Título: Beneficiado pelo voto secreto, Renan enfrentará Supremo
Autor:
Fonte: Valor Econômico, 17/09/2007, Opinião, p. A12

O senador Pedro Simon (PMDB-RS), em entrevista depois que o plenário do Senado rejeitou o pedido de cassação de seu presidente, Renan Calheiros (PMDB-AL), considerou que o voto secreto, nesse caso, poderia produzir efeitos opostos: contra Renan, uma vez que estariam protegidos pelo segredo do voto aqueles a quem ele, seu partido ou o governo eventualmente ameaçassem com retaliações; ou, ao contrário, proteger aqueles que, independentemente da orientação de seus partidos e sem se expor à opinião pública, quisessem absolver o senador. "Infelizmente ocorreu a segunda hipótese", lamentou o pemedebista, que se recusou a referendar a aliança feita pelos líderes e dirigentes do PMDB com o governo Lula no Congresso.

O voto secreto nas sessões em que as duas Casas do Congresso julgam seus pares entrou em pauta. Esse tipo de proteção não chega a contrariar a história constitucional brasileira. O voto secreto era usado para proteger os parlamentares nas votações de pedidos de abertura de processo contra os deputados ou senadores feitos pelo Supremo Tribunal Federal (STF), que sempre teve essa prerrogativa, ressalvados os chamados crimes de opinião, nos quais os mandatos eram (e voltaram a ser) invioláveis. A ditadura militar iniciada em 1964 interrompeu a tradição, ao instituir o poder de cassação de parlamentares, por ato institucional, pelo Executivo. Permaneceu quase como um penduricalho o artigo da Constituição de 1946 que definia a imunidade.

A Constituição de 1988 repôs com toda pompa e glória o artigo que definia que "os deputados e senadores são invioláveis no exercício de seu mandato, por suas opiniões, palavras e votos" e condicionava a prisão e os processos criminais contra membros do Legislativo à prévia licença da Casa a que pertencesse. Era a vitória da democracia e a emancipação da instituição dos laços que o mantinham submisso ao Poder Executivo. Mas a realidade é dura e a política brasileira, apesar dos tempos heróicos de resistência à ditadura, sempre abrigou indistintamente honestos e desonestos, pessoas retas e criminosos. Não deve ser muito diferente em outros países, mas aqui a imunidade total tornou-se um chamariz também para bandidos de alta periculosidade - como Hildebrando Pascoal, que se elegeu deputado pelo Acre para livrar-se de processos vários, inclusive por assassinato com requintes de crueldade, como o esquartejamento de vítimas com serra elétrica. Em 2001 o próprio Congresso reviu a imputabilidade penal do parlamentar. Deputados e senadores continuam invioláveis por suas opiniões, palavras e votos, mas o STF pode receber denúncias contra eles por outros crimes, processá-los e julgá-los. A cassação por "quebra de decoro parlamentar" também foi uma medida pretensamente auto-saneadora. Esse instituto deveria permitir à Câmara e ao Senado livrarem-se daqueles cujo Conselho de Ética tivesse julgado agir impropriamente e comprometer a imagem da instituição. Veio junto o voto secreto dos senadores (e também dos deputados) para julgar processos aprovados pela Comissão.
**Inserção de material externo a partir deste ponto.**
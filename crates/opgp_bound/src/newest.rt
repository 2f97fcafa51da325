//! Certificates of whose self-signatures those stay that are heard at a time.

ghost use Rattle.std.specs.Prelude.{◌≡◌, ◌++◌, ◌<◌, ◌^◌, [], All, IfOk, OnOk, drop, length};
ghost use Rattle.std.specs.Prelude.{if◌then◌else◌, take, true};
ghost use Rattle.std.specs.List.{flat_map};
ghost use Rattle.opgp_packet.specs.Parsed.{body_octets};
ghost use Rattle.opgp_hash.specs.Subject.{subject_value};
ghost use Rattle.opgp_hash.specs.SubjectValue.{is_within};
ghost use Rattle.opgp_keyring.specs.Grouped.{component_of, components_left, hangs_left};
ghost use Rattle.opgp_keyring.specs.Keyring.{IsCertificate, IsComponent, IsHung, certificate_packets};
ghost use Rattle.opgp_keyring.specs.Keyring.{component_packets};
ghost use Rattle.opgp_report.specs.First.{print_of};
ghost use Rattle.opgp_valid.specs.KnownKeys.{knowns};
ghost use Rattle.opgp_bound.specs.Judged.{certificate_rows, component_rows, components_rows};
ghost use Rattle.opgp_bound.specs.Judged.{rows_on};
ghost use Rattle.opgp_bound.specs.Newest.{certificate_verdicts, newest_certificate};
ghost use Rattle.opgp_bound.specs.Newest.{newest_component, newest_component_rows};
ghost use Rattle.opgp_bound.specs.Newest.{newest_components};
ghost use Rattle.opgp_bound.specs.Newest.{newest_components_rows, newest_hangs, newest_keyring};
ghost use Rattle.opgp_bound.specs.Newest.{newest_rows, newest_verdicts};
ghost use Rattle.opgp_bound.specs.Replacing.{time_of};

use crate::ahead::Ahead;
use crate::judging::{behind, first_verdict, subject_on};
use crate::keeping::add_if;
use crate::replaced::{Times, newest_stays};
use crate::role::Context;
use opgp_hash::Subject;
use opgp_keyring::{Certificate, Component, Components, Hangs, Keyring};
use opgp_octets::OutOfMemory;
use opgp_packet::KeyView;
use opgp_report::{KeyIndex, Verdict, print_of};
use opgp_valid::{Certified, KnownKeys, Policy, Statement};
use std::alloc::Global;

/// The first of these verdicts, of which there are this many.
fn first_rows(verdicts: &[Verdict], rows: usize) -> &[Verdict]
    ensures { result.now ≡ take rows verdicts.now }
{
    &verdicts[..rows.min(verdicts.len())]
}

/// Adds the verdicts on the rows of a packet, if it stays. Fails only when out of memory.
fn add_rows_if(founds: &mut Vec<Verdict>, rows: &[Verdict], stays: bool) -> Result<(), OutOfMemory>
    ensures { OnOk result
        (founds.new.items ≡ founds.old.items ++ (if stays then rows.now else [])) }
{
    if stays {
        founds.extend_from_slice(rows)?;
    }
    Ok(())
}

impl Context<'_> {
    /// Adds copies of the packets on a subject that stay, and the verdicts on their rows, by the
    /// verdicts from their first row on; and gives the verdicts behind. Fails only when out of
    /// memory.
    fn add_newest_hangs<'v>(
        &self,
        chosen: &mut Certificate,
        founds: &mut Vec<Verdict>,
        times: Times,
        subject: Subject<'_>,
        mut hangs: Hangs<'_>,
        verdicts: &'v [Verdict],
    ) -> Result<&'v [Verdict], OutOfMemory>
        requires within { is_within (subject_value subject) ≡ true }
        requires hung { All IsHung (hangs_left hangs) }
        ensures packets { OnOk result (certificate_packets chosen.new
            ≡ certificate_packets chosen.old ++ newest_hangs (time_of times)
            (knowns self.now.known.now) self.now.primary (subject_value subject.entry)
            (hangs_left hangs.entry) verdicts.now) }
        ensures founds { OnOk result (founds.new.items ≡ founds.old.items
            ++ newest_rows (time_of times) (knowns self.now.known.now) self.now.primary
            (subject_value subject.entry) (hangs_left hangs.entry) verdicts.now) }
        ensures rest { IfOk result (λ x. x.now ≡ drop (rows_on (subject_value subject.entry)
            (hangs_left hangs.entry)) verdicts.now) }
    {
        let mut rest = verdicts;
        'hangs: while let Some(member) = hangs.next() {
            let (judged, rows) = self.judge(subject, first_verdict(rest), member);
            let stays = newest_stays(times, &judged);
            add_if(chosen, member, stays)?;
            add_rows_if(founds, first_rows(rest, rows), stays)?;
            rest = behind(rest, rows);
        }
        Ok(rest)
    }

    /// The same of a component, which stays itself.
    fn add_newest_component<'v>(
        &self,
        chosen: &mut Certificate,
        founds: &mut Vec<Verdict>,
        times: Times,
        primary: KeyView<'_>,
        component: Component<'_>,
        verdicts: &'v [Verdict],
    ) -> Result<&'v [Verdict], OutOfMemory>
        requires { IsComponent (component_of component) }
        ensures packets { OnOk result (certificate_packets chosen.new
            ≡ certificate_packets chosen.old ++ component_packets (newest_component (time_of times)
            (knowns self.now.known.now) self.now.primary (body_octets primary.entry)
            (component_of component.entry) verdicts.now)) }
        ensures founds { OnOk result (founds.new.items ≡ founds.old.items
            ++ newest_component_rows (time_of times) (knowns self.now.known.now) self.now.primary
            (body_octets primary.entry) (component_of component.entry) verdicts.now) }
        ensures rest { IfOk result (λ x. x.now ≡ drop (component_rows
            (body_octets primary.entry) (component_of component.entry)) verdicts.now) }
    {
        let subject = subject_on(primary, component);
        chosen.add(component.head())?;
        self.add_newest_hangs(chosen, founds, times, subject, component.hangs(), verdicts)
    }

    /// The same of the components of a certificate, of which this is said.
    fn add_newest_components<'v>(
        &self,
        chosen: &mut Certificate,
        founds: &mut Vec<Verdict>,
        statements: &[Statement],
        at: u64,
        primary: KeyView<'_>,
        mut components: Components<'_>,
        verdicts: &'v [Verdict],
    ) -> Result<&'v [Verdict], OutOfMemory>
        requires sound { All IsComponent (components_left components) }
        requires few { length (flat_map component_packets (components_left components)) < 2 ^ 64 }
        requires primary { self.now.primary ≡ print_of (body_octets primary) }
        ensures packets { OnOk result (certificate_packets chosen.new
            ≡ certificate_packets chosen.old ++ flat_map component_packets (newest_components at
            (knowns self.now.known.now) statements.now (body_octets primary.entry) 0
            (components_left components.entry) verdicts.now)) }
        ensures founds { OnOk result (founds.new.items ≡ founds.old.items
            ++ newest_components_rows at (knowns self.now.known.now) statements.now
            (body_octets primary.entry) 0 (components_left components.entry) verdicts.now) }
        ensures rest { IfOk result (λ x. x.now ≡ drop (components_rows
            (body_octets primary.entry) (components_left components.entry)) verdicts.now) }
    {
        let mut ahead = Ahead::new(statements);
        let mut number = 0usize;
        let mut rest = verdicts;
        'components: while let Some(component) = components.next() {
            let (times, next) = ahead.next(number, at);
            rest = self.add_newest_component(chosen, founds, times, primary, component, rest)?;
            ahead = next;
            number += 1;
        }
        Ok(rest)
    }
}

/// A certificate of whose self-signatures those stay that are heard at a time, by the verdicts from
/// its first row on; and the verdicts behind. The verdicts on the rows that stay are added. Fails
/// only when out of memory.
fn newest_certificate<'v>(
    alloc: Global,
    known: &KnownKeys,
    issuers: &KeyIndex,
    founds: &mut Vec<Verdict>,
    certificate: &Certificate,
    at: u64,
    verdicts: &'v [Verdict],
) -> Result<(Certificate, &'v [Verdict]), OutOfMemory>
    ensures value { IfOk result (λ x. x.0
        ≡ newest_certificate at (knowns known.now) certificate.now verdicts.now) }
    ensures certificate { IfOk result (λ x. IsCertificate x.0) }
    ensures founds { OnOk result (founds.new.items ≡ founds.old.items
        ++ certificate_verdicts at (knowns known.now) certificate.now verdicts.now) }
    ensures rest { IfOk result (λ x. x.1.now
        ≡ drop (certificate_rows certificate.now) verdicts.now) }
{
    let certified = Certified::of(alloc, known, Policy::Usual, certificate, verdicts)?;
    let statements = certified.facts().statements;
    let key = certificate.key();
    let context = Context {
        known,
        issuers,
        primary: print_of(&key),
    };
    let mut chosen = Certificate::new(alloc, certificate.primary())?;
    let rest = context.add_newest_hangs(
        &mut chosen,
        founds,
        Times::on(statements, None, at),
        Subject::One(key),
        certificate.hangs(),
        verdicts,
    )?;
    let rest = context.add_newest_components(
        &mut chosen,
        founds,
        statements,
        at,
        key,
        certificate.components(),
        rest,
    )?;
    // Called for its contract: what was added makes a certificate.
    let _packets = chosen.packets();
    opgp_keyring::laws::one_certificate();
    Ok((chosen, rest))
}

/// The keyring of whose genuine self-signatures only those stay that may be heard at a time, in
/// seconds since 1970, by these verdicts on the rows of its report (a row without one is
/// undecided); and the verdicts on the rows of what stays, in order. What stays keeps its framing
/// and its order.
///
/// - A genuine self-signature is as [`keep_bound`] has it.
/// - It goes if a newer one of its sort is on the same key, user ID or attribute that counts at
///   that time: it is good by the usual policy, the primary key made it and hasn't revoked it (RFC
///   9580, 5.2.1.13), nothing critical in it is unknown (5.2.3.7), and it was made by then and
///   hasn't expired (5.2.3.11, 5.2.3.18).
/// - The sorts are direct key signatures (5.2.1.10), certifications (5.2.1.4 to 5.2.1.7) and subkey
///   bindings (5.2.1.8).
/// - Of several that are equally new each stays. So does one that doesn't state one creation time,
///   and one that names a key which may revoke (5.2.3.23).
/// - All else stays: keys, user IDs and attributes, revocations, signatures of others,
///   self-signatures that aren't genuine, malformed ones and fillers.
///
/// Each key is hashed once; the rest of the work is linear in the keyring's octets, but that an
/// issuer is found in time that grows with the logarithm of the number of keys. What stays of a
/// certificate is copied, and then the certificate is freed. Fails only when out of memory.
///
/// [`keep_bound`]: crate::keep_bound
pub fn keep_newest(
    alloc: Global,
    ring: Keyring,
    verdicts: &[Verdict],
    at: u64,
) -> Result<(Keyring, Vec<Verdict>), OutOfMemory>
    ensures { IfOk result (λ x. (x.0 ≡ newest_keyring ring verdicts.now at)
        × (x.1.items ≡ newest_verdicts ring verdicts.now at)) }
{
    let known = KnownKeys::of(alloc, &ring)?;
    let issuers = KeyIndex::new(alloc);
    let (lead, certificates, _alloc) = ring.into_parts();
    let mut kept = Vec::new(alloc);
    let mut founds = Vec::new(alloc);
    let mut rest = verdicts;
    for certificate in certificates {
        let (newest, behind) = newest_certificate(
            alloc,
            &known,
            &issuers,
            &mut founds,
            &certificate,
            at,
            rest,
        )?;
        kept.push(newest)?;
        rest = behind;
    }
    Ok((Keyring::new(alloc, lead, kept), founds))
}
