//! Self-signatures that newer ones replace at a time.

ghost use Rattle.std.specs.Prelude.{◌≡◌, [], MatchOption, is_some};
ghost use Rattle.std.specs.List.{list_any};
ghost use Rattle.opgp_packet.specs.Areas.{hashed_subs};
ghost use Rattle.opgp_packet.specs.SigView.{sig_view_value};
ghost use Rattle.opgp_packet.specs.SubView.{sub_shown};
ghost use Rattle.opgp_packet.specs.Subs.{subs_to_come};
ghost use Rattle.opgp_keyring.specs.Member.{member_packet};
ghost use Rattle.opgp_valid.specs.Group.{binds, certifies, is_direct};
ghost use Rattle.opgp_valid.specs.Speaking.{later, made_at};
ghost use Rattle.opgp_valid.specs.Subpackets.{revoker_stated};
ghost use Rattle.opgp_valid.specs.Told.{is_same_number, type_in};
ghost use Rattle.opgp_bound.specs.Newest.{counts, is_before, is_replaced, is_rival, is_same_sort};
ghost use Rattle.opgp_bound.specs.Newest.{newest_made, newest_stays, replaced_in};
ghost use Rattle.opgp_bound.specs.Replacing.{time_of, times_on};

use crate::judged::Judged;
use crate::keeping::is_genuine;
use opgp_keyring::{Content, Member};
use opgp_octets::{SignatureType, SubpacketKind};
use opgp_packet::{SigView, SubView, Subs};
use opgp_valid::subpackets::made_in;
use opgp_valid::{Author, Statement};

/// Whether what a signature says counts at a time: it is good, by the primary key, not revoked, and
/// understood.
fn counts(statement: &Statement, at: u64) -> bool
    ensures { result ≡ counts at statement.now }
{
    statement.is_good()
        && !statement.is_revoked
        && statement.is_understood
        && matches!(statement.author, Author::Primary)
        && statement.is_alive(at)
}

/// Whether signatures of this type certify a user ID or a user attribute (RFC 9580, 5.2.1.4 to
/// 5.2.1.7).
fn certifies(kind: SignatureType) -> bool
    ensures { result ≡ certifies kind }
{
    matches!(
        kind,
        SignatureType::GenericCertification
            | SignatureType::PersonaCertification
            | SignatureType::CasualCertification
            | SignatureType::PositiveCertification
    )
}

/// Whether signatures of this type say something of the primary key itself (RFC 9580, 5.2.1.10).
fn is_direct(kind: SignatureType) -> bool
    ensures { result ≡ is_direct kind }
{
    matches!(kind, SignatureType::DirectKey)
}

/// Whether signatures of this type bind subkeys (RFC 9580, 5.2.1.8).
fn binds(kind: SignatureType) -> bool
    ensures { result ≡ binds kind }
{
    matches!(kind, SignatureType::SubkeyBinding)
}

/// Whether signatures of these types are of one sort: direct key signatures, certifications, or
/// subkey bindings.
fn is_same_sort(a: SignatureType, b: SignatureType) -> bool
    ensures { result ≡ is_same_sort a b }
{
    if is_direct(a) {
        is_direct(b)
    } else if certifies(a) {
        certifies(b)
    } else {
        binds(a) && binds(b)
    }
}

/// Whether two components are the same one, where None is the primary key.
fn is_same(a: Option<usize>, b: Option<usize>) -> bool
    ensures { result ≡ is_same_number a b }
{
    match (a, b) {
        (None, None) => true,
        (Some(a), Some(b)) => a == b,
        _ => false,
    }
}

/// Whether a signature counts at a time, is of this sort, and on the component of this number, or
/// on the primary key.
fn is_rival(statement: &Statement, component: Option<usize>, kind: SignatureType, at: u64) -> bool
    ensures { result ≡ is_rival at component kind statement.now }
{
    counts(statement, at)
        && is_same(statement.component, component)
        && is_same_sort(kind, statement.kind)
}

/// When a signature was made.
fn made_at(statement: &Statement) -> Option<u32>
    ensures { result ≡ made_at statement.now }
{
    match statement.life {
        Some(life) => Some(life.made),
        None => None,
    }
}

/// The later of two times.
fn later(a: Option<u32>, b: Option<u32>) -> Option<u32>
    ensures { result ≡ later a b }
{
    match (a, b) {
        (Some(a), Some(b)) => Some(a.max(b)),
        (Some(a), None) => Some(a),
        (None, b) => b,
    }
}

/// When the newest were made that count at a time, of this sort, on the component of this number or
/// on the primary key; None if there are none.
#[tactic(auto, using(opgp_valid::proofs::Sayings::later_assoc))]
fn newest_made(
    statements: &[Statement],
    component: Option<usize>,
    kind: SignatureType,
    at: u64,
) -> Option<u32>
    ensures { result ≡ newest_made at statements.now component kind }
{
    let mut found = None;
    let mut rest = statements;
    'statements: while let [statement, more @ ..] = rest {
        if is_rival(statement, component, kind, at) {
            found = later(found, made_at(statement));
        }
        rest = more;
    }
    found
}

/// When the newest signatures of each sort on a part of a certificate were made that count at a
/// time; None if there are none.
#[derive(Clone, Copy)]
pub(crate) struct Times {
    direct: Option<u32>,
    certification: Option<u32>,
    binding: Option<u32>,
}

impl Times {
    /// Those on the component of this number, or on the primary key, among statements that have all
    /// on it. The work is linear in the number of statements.
    pub(crate) fn on(statements: &[Statement], component: Option<usize>, at: u64) -> Times
        ensures { result ≡ times_on at statements.now component }
    {
        Times {
            direct: newest_made(statements, component, SignatureType::DirectKey, at),
            certification: newest_made(
                statements,
                component,
                SignatureType::GenericCertification,
                at,
            ),
            binding: newest_made(statements, component, SignatureType::SubkeyBinding, at),
        }
    }

    /// The time of the sort of this type.
    fn of(self, kind: SignatureType) -> Option<u32>
        ensures { result ≡ time_of self kind }
    {
        if is_direct(kind) {
            self.direct
        } else if certifies(kind) {
            self.certification
        } else if binds(kind) {
            self.binding
        } else {
            None
        }
    }
}

/// Whether the first time is before the second, if there are both.
fn is_before(a: Option<u32>, b: Option<u32>) -> bool
    ensures { result ≡ is_before a b }
{
    match (a, b) {
        (Some(a), Some(b)) => a < b,
        _ => false,
    }
}

/// The type of a signature of version 4 or 6 (RFC 9580, 5.2.1).
fn type_of(signature: SigView<'_>) -> SignatureType
    ensures { result ≡ type_in (sig_view_value signature.entry) }
{
    match signature {
        SigView::Four(view) => SignatureType::from(view.kind()),
        SigView::Six(view) => SignatureType::from(view.kind()),
        SigView::Three(_) | SigView::Other(_) => SignatureType::Other(0),
    }
}

/// The hashed area of a signature, if its version has one (RFC 9580, 5.2.3).
fn hashed_of<'a>(signature: SigView<'a>) -> Option<Subs<'a>>
    ensures { MatchOption result (hashed_subs (sig_view_value signature.entry) ≡ [])
        (λ s. subs_to_come s ≡ hashed_subs (sig_view_value signature.entry)) }
{
    match signature {
        SigView::Four(view) => Some(view.hashed()),
        SigView::Six(view) => Some(view.hashed()),
        SigView::Three(_) | SigView::Other(_) => None,
    }
}

/// Whether a subpacket names a key that may revoke (RFC 9580, 5.2.3.23).
fn is_revoker(subpacket: SubView<'_>) -> bool
    ensures { result ≡ is_some (revoker_stated (sub_shown subpacket.entry)) }
{
    if subpacket.kind() != SubpacketKind::RevocationKey.number() {
        return false;
    }
    match subpacket.octets() {
        [class, _algorithm, fingerprint @ ..] => *class >= 128 && fingerprint.len() == 20,
        _ => false,
    }
}

/// Whether an area names a key that may revoke (RFC 9580, 5.2.3.23).
fn names_revoker(subpackets: Subs<'_>) -> bool
    ensures { result
        ≡ list_any (λ s. is_some (revoker_stated s)) (subs_to_come subpackets.entry) }
{
    for subpacket in subpackets {
        if is_revoker(subpacket) {
            return true;
        }
    }
    false
}

/// Whether a signature is older than the newest of its sort, and names no key that may revoke.
fn is_replaced(times: Times, signature: SigView<'_>) -> bool
    ensures { result ≡ is_replaced (time_of times) (sig_view_value signature.entry) }
{
    match hashed_of(signature) {
        Some(hashed) => {
            is_before(made_in(hashed), times.of(type_of(signature))) && !names_revoker(hashed)
        }
        None => false,
    }
}

/// Whether a packet is such a signature.
fn is_replaced_in(times: Times, member: Member<'_>) -> bool
    ensures { result ≡ replaced_in (time_of times) (member_packet member.entry) }
{
    opgp_packet::signature_laws::signatures_are_read();
    match member.content() {
        Content::Signature(signature) => {
            // Called for its contract: the body is that of this signature.
            let _body = signature.body();
            is_replaced(times, signature)
        }
        Content::Malformed(_)
        | Content::Primary(_)
        | Content::Subkey(_)
        | Content::UserId(_)
        | Content::Attribute(_)
        | Content::Filler(_, _) => false,
    }
}

/// Whether a packet stays: it isn't a genuine self-signature that a newer one replaces.
pub(crate) fn newest_stays(times: Times, judged: &Judged<'_>) -> bool
    ensures { result ≡ newest_stays (time_of times) judged.now }
{
    !(is_genuine(judged.role) && is_replaced_in(times, judged.member))
}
Renan Calheiros acabou sendo beneficiado pelo voto secreto. Vai ser atingido, no entanto, pela outra decisão tomada pelo Congresso em 2001, de não condicionar à aprovação da Casa a que pertence a aceitação de denúncias contra ele pelo STF. O tribunal autorizou o procurador-geral da República a abrir inquérito para investigar irregularidades em sua movimentação financeira, e também a acusação de que teria comandado o lobby para facilitar o contrato entre o Ministério da Previdência e o BMG para que o banco operasse o crédito consignado para aposentados. A PF apura se ele é o verdadeiro proprietário de emissoras de rádio e televisão em Alagoas e se esconde atrás de um testa-de-ferro.

O ministro Celso Melo, do STF, avaliou que o Legislativo está perdendo a referência de seu poder de auto-saneamento. O voto secreto contribuiria para isso. "O ideal seria que, à semelhança do que ocorre no Poder Judiciário (...), as votações se processassem de maneira aberta e transparente. O cidadão tem o direito de saber como se comportam, como agem e como decidem não apenas seus representantes políticos, mas todos os agentes do Estado". Em relação a Calheiros, a melhor aposta é que isso ocorrerá apenas quando o STF julgar o senador.